◆ **Exercise goal**
Where does the string "Normal" appear in the records? Copy every line that contains it.

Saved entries

☆ ☆ ☆

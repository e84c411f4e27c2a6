//! The bodies of closures and functions.

ghost use Rattle.std.specs.Prelude.{◌≡◌, ◌<◌, ◌^◌, ℕ, All, Err, MatchResult, codes, length, true};
ghost use Rattle.cell_heap.specs.Soundness.{ValueBelow};
ghost use Rattle.model_values.specs.Kinds.{closure};
ghost use Rattle.model_values.specs.Throws.{no_method};
ghost use Rattle.cps_code.specs.Script.{script_of};
ghost use Rattle.model_run.specs.Around.{arity, cells, ended, limits};
ghost use Rattle.model_run.specs.Callables.{after_call, call_limit, opened, parameters_of, plain};
ghost use Rattle.model_run.specs.FrameTable.{is_callable};
ghost use Rattle.model_run.specs.Forms.{body_of};
ghost use Rattle.model_run.specs.Nesting.{shape_at};
ghost use Rattle.model_run.specs.State.{operating};
ghost use Rattle.model_run.specs.Terms.{nodes_of};
ghost use Rattle.model_run.specs.declared.ending.Entry.TheVariants.{Body};
ghost use Rattle.cps_frames.specs.Changes.{Done, Passed, Met};
ghost use Rattle.cps_frames.specs.Moves.{Comes, ComesTo};
ghost use Rattle.cps_frames.specs.Places.{MayEnter};
ghost use Rattle.cps_frames.specs.Standing.{standing};
ghost use Rattle.cps_frames.specs.Ways.{is_block_ending};
ghost use Rattle.cps_frames.specs.declared.shared.Shared.{Shared as Common};
ghost use Rattle.cps_frames.specs.declared.thread.ThreadState.{ThreadState as Thread};
ghost use Rattle.cps_calls.specs.Calls.{body_of_values};

use crate::effects::throw_with;
use crate::parameters::{arguments_for, bind_parameters};
use crate::variables::new_variables;
use cps_frames::{Halt, Move, Shared, ThreadState, under};
use model_run::{Ending, Entry, Frame, FrameKind};
use model_values::{Env, LimitKind, Value, Values};
use value_ops::no_method;
use value_view::{Kind, OpRefusal};

/// The most calls that are open in one green thread.
const MAX_CALLS: u32 = 1024;

/// The body of the closure or function at a node, with these arguments: each parameter is a new variable. Any number of arguments
/// but that of the parameters throws; a single parameter is null where there is no argument.
///
/// `Halt::Limit` where 1,024 calls are open in the thread, and where the new variables pass a limit of the heap; `Halt::Memory`
/// where the memory was refused.
pub fn enter_call(
    state: &mut ThreadState,
    shared: &mut Shared,
    node: u32,
    env: Env,
    arguments: Values,
) -> Result<Move, Halt>
    requires may { MayEnter (standing shared.old state.old) (Body arguments) node env }
    ensures { ComesTo node (2 ^ 66) (λ sh a. body_of a node sh env arguments sh.form) (standing shared.old state.old) result (standing shared.new state.new) }
{
    match arguments_for(shared.code.kind(node), arguments)? {
        None => refuse_arguments(shared),
        Some(values) => {
            open_call(state)?;
            run_with(state, shared, node, env, values)
        }
    }
}

/// The throw of a call with another number of arguments than the closure or function has parameters.
fn refuse_arguments(shared: &mut Shared) -> Result<Move, Halt>
    ensures { (t : Thread) (k r : ℕ) → 0 < r → ComesTo k r (λ sh a. operating (λ w. no_method (limits w) (cells w) (closure 0) (codes "call")) ended) (standing shared.old t) result (standing shared.new t) }
{
    Err(Halt::from(throw_unfit(shared)))
}

/// Throws that there is no such call, with another number of arguments than there are parameters: it gives the throwable, or why there
/// is none.
pub(crate) fn throw_unfit(shared: &mut Shared) -> OpRefusal
    ensures { (t : Thread) → Done (λ w. no_method (limits w) (cells w) (closure 0) (codes "call")) (standing shared.old t) (Err result) (standing shared.new t) }
{
    match no_method(shared.alloc(), &Kind::Closure(0), b"call") {
        Ok(effect) => throw_with(shared, effect),
        Err(_) => OpRefusal::Memory,
    }
}

/// The body, with a new variable for each parameter.
fn run_with(
    state: &mut ThreadState,
    shared: &mut Shared,
    node: u32,
    env: Env,
    values: Values,
) -> Result<Move, Halt>
    requires node { node < length (nodes_of (script_of shared.old.code)) }
    requires callable { is_callable (shape_at (script_of shared.old.code) node).form ≡ true }
    requires part { 0 < arity (shape_at (script_of shared.old.code) node) }
    requires values { All (ValueBelow (length shared.old.heap.cells)) values }
    requires count { length values ≡ length (parameters_of (shape_at (script_of shared.old.code) node).form) }
    ensures { (r : ℕ) → 1 < r → ComesTo node r (λ sh a. body_of_values a sh node env values) (standing shared.old state.old) result (standing shared.new state.new) }
{
    let alloc = shared.alloc();
    let first = shared.heap.len();
    new_variables(shared, values.as_slice())?;
    let bound = bind_parameters(alloc, shared.code.kind(node), first, env.clone()?)?;
    let frame = Frame {
        kind: FrameKind::CallBody,
        node,
        left: 0,
        env,
        values: Values::new(alloc),
    };
    under(state, shared, frame, Entry::First, 0, bound)
}

/// One call more is open in this thread. `Err` is the limit, which is met at 1,024.
pub(crate) fn open_call(state: &mut ThreadState) -> Result<(), LimitKind>
    ensures { (u : Common) → MatchResult result (λ _. Passed call_limit opened (standing u state.old) (standing u state.new)) (λ limit. Met call_limit limit (standing u state.old) (standing u state.new)) }
{
    if state.calls >= MAX_CALLS {
        return Err(LimitKind::CallDepth);
    }
    state.calls += 1;
    Ok(())
}

/// The body has ended: without `return` it gives the value of its last statement.
pub(crate) fn after_body(state: &mut ThreadState, ending: Ending) -> Move
    requires { is_block_ending ending ≡ true }
    ensures { (u : Common) (k r : ℕ) → 0 < r → Comes k r (λ sh a. after_call ending) (standing u state.old) result (standing u state.new) }
{
    state.calls = state.calls.saturating_sub(1);
    Move::Ends(plain(ending))
}

/// What a body gives that has ended so: null by a `break` or a `continue` outside of a loop, with which no script is read.
fn plain(ending: Ending) -> Ending
    requires { is_block_ending ending ≡ true }
    ensures { result ≡ plain ending }
{
    match ending {
        Ending::Normal(value) | Ending::Returned(value) => Ending::Normal(value),
        Ending::Thrown(cell) => Ending::Thrown(cell),
        Ending::Broke | Ending::Continued => Ending::Normal(Value::Null),
        Ending::Declared(_) | Ending::Answered(_) => unreachable!(),
    }
}
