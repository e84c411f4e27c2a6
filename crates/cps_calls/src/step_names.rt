//! The steps by their names.

ghost use Rattle.std.specs.Prelude.{◌≡◌};
ghost use Rattle.model_run.specs.StepTable.{step_among, step_named};

use model_run::Step;

/// All steps.
const STEPS: [Step; 13] = [
    Step::Println,
    Step::Echo,
    Step::Error,
    Step::MakeUnstable,
    Step::Stage,
    Step::CatchError,
    Step::Retry,
    Step::Node,
    Step::Dir,
    Step::WithEnv,
    Step::Sh,
    Step::Input,
    Step::Parallel,
];

/// The step of this name, and `None` exactly where there is none.
pub(crate) fn step_named(name: &[u8]) -> Option<Step>
    ensures { result ≡ step_named name.now }
{
    step_among(name, &STEPS)
}

/// The first of these steps that has this name.
fn step_among(name: &[u8], steps: &[Step]) -> Option<Step>
    ensures { result ≡ step_among name.now steps.now }
{
    for step in steps {
        if name == step.name().as_bytes() {
            return Some(*step);
        }
    }
    None
}
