//! The machine of one green thread: it makes moves until the thread waits, ends or meets a limit.
//!
//! [`MachineThread`] runs a script, or a branch of a `parallel`, as one of the threads of a build: it meets the trait of
//! `green_threads`. Each of its turns is proved to be the one of the definitions (`specs/Resuming`).
#![tactic(auto)]

mod kinds;
mod machine;
mod parts;
mod saving;
mod thread;

pub use machine::{Stopped, run};
pub use thread::{MachineThread, Start};
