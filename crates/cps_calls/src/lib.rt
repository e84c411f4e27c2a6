//! Calls: of closures and functions, of names, of methods, and the methods that walk over a value with a closure.
//!
//! A call is counted directly before what it does with its arguments. The order in which a name is looked for: a declared
//! variable, whose value was read before the arguments; a function of the script; a binding variable that holds a closure; a
//! step. Each function that makes a move has the one form of contract of `cps_frames` (`ComesTo`); `go_on` may make two
//! (`GoesOnTo`), since a walk goes from one turn into the next without a list of what it keeps in between.
#![tactic(auto)]

mod bodies;
mod branches;
mod callees;
mod closures;
mod effects;
mod kept;
mod machine;
mod methods;
mod names;
mod parameters;
mod step_names;
mod variables;
mod walks;

pub use bodies::enter_call;
pub use branches::branched;
pub use machine::go_on;
pub use methods::method_step;
pub use names::{call_named, called_value};
pub use walks::{again, walk_turn};
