#[test]
fn programs_are_found_by_absolute_folders(rt: HostRuntime) -> Result<(), Fail> {
    let alloc = rt.alloc();
    let here = env::current_dir(&rt)?;
    for (folder, mode) in [("first", 0o644), ("second", 0o755)] {
        fs::create_dir(&rt, folder)?;
        let program = format!(in alloc; "{folder}/sh")?;
        put(&rt, program.as_str(), "")?;
        fs::set_permissions(&rt, program.as_str(), Permissions::from_mode(mode))?;
    }
    let here = here.as_path();
    let here = here.display();
    let path = format!(in alloc; "second::{here}:{here}/first:{here}/second")?;
    let found = find(&rt, path.as_str(), "sh")?.ok_or("a program")?;
    assert!(rt; found.ends_with("/second/sh") && found.starts_with('/'));
    assert!(rt; find(&rt, path.as_str(), "setsid")?.is_none());
    Ok(())
}

#[test]
fn a_script_with_an_interpreter_and_output_apart(rt: HostRuntime) -> Result<(), Fail> {
    let mut order = order(&rt, "apart", "#!/bin/sh\necho out\necho log >&2\nexit 3\n")?;
    order.keep_out = true;
    expect(&rt, end_of(&rt, &order), Look::Exited(3));
    let out = written(&rt, &order, Stream::Out, 0)?;
    expect(&rt, out.as_slice(), b"out\n".as_slice());
    let log = written(&rt, &order, Stream::Log, 0)?;
    expect(&rt, log.as_slice(), b"log\n".as_slice());
    Ok(())
}

#[test]
fn a_failing_line_ends_the_script(rt: HostRuntime) -> Result<(), Fail> {
    let order = order(&rt, "line", "exit 3\necho never\n")?;
    expect(&rt, end_of(&rt, &order), Look::Exited(3));
    let log = written(&rt, &order, Stream::Log, 0)?;
    expect(&rt, log.as_slice(), b"+ exit 3\n".as_slice());
    Ok(())
}

#[test]
fn a_killed_script_ends_with_the_signal(rt: HostRuntime) -> Result<(), Fail> {
    let order = order(&rt, "signal", "kill -9 $$\n")?;
    expect(&rt, end_of(&rt, &order), Look::Exited(137));
    Ok(())
}

#[test]
fn a_task_has_a_process_group_of_its_own(rt: HostRuntime) -> Result<(), Fail> {
    let script = "#!/bin/sh\nread -r _ _ _ _ group _ < /proc/$$/stat\necho \"$group\"\n";
    let order = order(&rt, "group", script)?;
    expect(&rt, end_of(&rt, &order), Look::Exited(0));
    let log = written(&rt, &order, Stream::Log, 0)?;
    let stat = fs::read_to_string(&rt, "/proc/self/stat")?;
    let own = stat.split_whitespace().nth(4).ok_or("a process group")?;
    assert!(rt; log.len() > 1 && !log.as_slice().starts_with(own.as_bytes()));
    Ok(())
}

#[test]
fn paths_with_blanks_quotes_and_newlines(rt: HostRuntime) -> Result<(), Fail> {
    let order = order(&rt, "a b'c\"d\ne", "pwd\n")?;
    expect(&rt, end_of(&rt, &order), Look::Exited(0));
    let log = written(&rt, &order, Stream::Log, 0)?;
    assert!(rt; log.as_slice().ends_with(b"/a b'c\"d\ne\n"));
    Ok(())
}

#[test]
fn the_script_sees_the_environment(rt: HostRuntime) -> Result<(), Fail> {
    let mut order = order(&rt, "environment", "echo \"$NAME\"\n")?;
    set_env(&rt, &mut order, &[("NAME", "first"), ("NAME", "a b")])?;
    expect(&rt, end_of(&rt, &order), Look::Exited(0));
    let log = written(&rt, &order, Stream::Log, 0)?;
    expect(&rt, log.as_slice(), b"+ echo a b\na b\n".as_slice());
    Ok(())
}

// A disk over the file of this name.
fn disk<'a>(rt: &'a HostRuntime, name: &str) -> Result<FileDisk<'a, HostRuntime>, AllocError> {
    Ok(FileDisk::new(rt, String::from_str(rt.alloc(), name)?))
}

#[test]
fn a_missing_file_has_no_bytes_and_is_not_made_by_a_sync(rt: HostRuntime) -> Result<(), Fail> {
    let mut disk = disk(&rt, "missing.dat")?;
    expect(&rt, (disk.len(), disk.sync()), (Ok(0), Ok(())));
    expect(&rt, fs::exists(&rt, "missing.dat")?, false);
    Ok(())
}

#[test]
fn a_missing_file_is_made_by_the_first_write(rt: HostRuntime) -> Result<(), Fail> {
    let mut disk = disk(&rt, "made.dat")?;
    assert_eq!(rt; disk.write_at(0, b"hello"), Ok(()));
    expect(&rt, disk.write_at(4, b"!!"), Ok(()));
    expect_file(&rt, "made.dat", b"hell!!")?;
    Ok(())
}
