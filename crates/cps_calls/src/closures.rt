//! The closure that a value is.

ghost use Rattle.std.specs.Prelude.{◌≡◌, IfOk, length};
ghost use Rattle.cell_heap.specs.Soundness.{ValueBelow};
ghost use Rattle.model_run.specs.Callables.{closure_of};
ghost use Rattle.cps_frames.specs.Standing.{world_of};
ghost use Rattle.cps_frames.specs.declared.thread.ThreadState.{ThreadState as Thread};

use cps_frames::Shared;
use model_run::Callee;
use model_values::{Cell, Value};
use std::alloc::AllocError;

/// The closure that a value is, and `None` exactly where it is none. The copy of its variables takes no memory: `AllocError`
/// only where 2^63 copies of them stand already.
pub(crate) fn closure_of(shared: &Shared, value: &Value) -> Result<Option<Callee>, AllocError>
    requires { ValueBelow (length shared.now.heap.cells) value.now }
    ensures { (t : Thread) → IfOk result (λ callee. callee ≡ closure_of (world_of shared.now t) value.now) }
{
    let Value::Cell(cell) = value else {
        return Ok(None);
    };
    match shared.heap.get(*cell) {
        Cell::Closure { node, env } => Ok(Some(Callee {
            node: *node,
            env: env.clone()?,
        })),
        _ => Ok(None),
    }
}
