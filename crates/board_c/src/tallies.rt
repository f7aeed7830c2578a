// The coverage tally: a record of a lent table counted where the tally stands.
ghost use Rattle.std.specs.Prelude.{◌≡◌};
ghost use Rattle.ninterp.specs.Counting.{counted_record};

use answer::Answer;
use board::tallies;
use layout::Shape;
use tally::Tally;

// Counts a record in a tally that its owner lends.
#[unsafe(no_mangle)]
pub extern "C" fn ng_count_record(
    tally: &mut Tally,
    shape: Shape,
    nodes: &[f64],
    values: &[f64],
    rec: &[u8],
) -> Answer
    ensures value { result ≡ (counted_record tally.old shape nodes.now values.now rec.now).answer }
    ensures tally_after { tally.new
        ≡ (counted_record tally.old shape nodes.now values.now rec.now).tally }
{
    tallies::ng_count_record(tally, shape, nodes, values, rec)
}
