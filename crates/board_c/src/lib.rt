// What is exported to C (include/ngamsothul.h): each call of the room `board`, under its name and its clauses. `&[f64]` is a pointer and a
// length, a struct stands by value, a lent tally is a pointer.
#![tactic(auto)]

// the seven axis primitives
pub mod primitives;
// the four lookups
pub mod lookups;
// the four slices
pub mod cuts;
// the table image: the loader and the writer
pub mod images;
// the coverage tally: a record counted where the tally stands
pub mod tallies;
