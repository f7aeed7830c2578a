// The four slices: one axis is removed at a reading, and the values of the other axes are written.
ghost use Rattle.std.specs.Prelude.{◌≡◌, length};
ghost use Rattle.slices.specs.LinearSlices.{linear_slice, linear_sliced, linear_uniform_slice, linear_uniform_sliced};
ghost use Rattle.slices.specs.Slices.{nearest_slice, nearest_sliced, step_slice, step_sliced};

use board::cuts;
use layout::Shape;
use slices::SliceAnswer;

// The slice of a table by Linear, on its first axis.
#[unsafe(no_mangle)]
pub extern "C" fn ng_slice_linear(
    shape: Shape,
    nodes: &[f64],
    values: &[f64],
    axis: usize,
    point: f64,
    out: &mut [f64],
) -> SliceAnswer
    ensures value { result ≡ linear_slice shape nodes.now values.now axis point
        (length out.old) }
    ensures out_after { out.new ≡ linear_sliced shape nodes.now values.now axis point
        out.old }
{
    cuts::ng_slice_linear(shape, nodes, values, axis, point, out)
}

// The slice of a table by LinearUniform, on its first axis.
#[unsafe(no_mangle)]
pub extern "C" fn ng_slice_linear_uniform(
    shape: Shape,
    nodes: &[f64],
    values: &[f64],
    axis: usize,
    point: f64,
    out: &mut [f64],
) -> SliceAnswer
    ensures value { result ≡ linear_uniform_slice shape nodes.now values.now axis point
        (length out.old) }
    ensures out_after { out.new ≡ linear_uniform_sliced shape nodes.now values.now axis point
        out.old }
{
    cuts::ng_slice_linear_uniform(shape, nodes, values, axis, point, out)
}

// The slice of a table by Nearest, on any axis.
#[unsafe(no_mangle)]
pub extern "C" fn ng_slice_nearest(
    shape: Shape,
    nodes: &[f64],
    values: &[f64],
    axis: usize,
    point: f64,
    out: &mut [f64],
) -> SliceAnswer
    ensures value { result ≡ nearest_slice shape nodes.now values.now axis point
        (length out.old) }
    ensures out_after { out.new ≡ nearest_sliced shape nodes.now values.now axis point
        out.old }
{
    cuts::ng_slice_nearest(shape, nodes, values, axis, point, out)
}

// The slice of a table by Step, on any axis, with the directions of all axes.
#[unsafe(no_mangle)]
pub extern "C" fn ng_slice_step(
    shape: Shape,
    nodes: &[f64],
    values: &[f64],
    directions: &[u8],
    axis: usize,
    point: f64,
    out: &mut [f64],
) -> SliceAnswer
    ensures value { result ≡ step_slice shape nodes.now values.now directions.now axis point
        (length out.old) }
    ensures out_after { out.new ≡ step_sliced shape nodes.now values.now directions.now axis point
        out.old }
{
    cuts::ng_slice_step(shape, nodes, values, directions, axis, point, out)
}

☆ ☆ ☆

◆ **Output of the task**
        Ending::Normal(value) | Ending::Returned(value) => Ending::Normal(value),
        Ending::Broke | Ending::Continued => Ending::Normal(Value::Null),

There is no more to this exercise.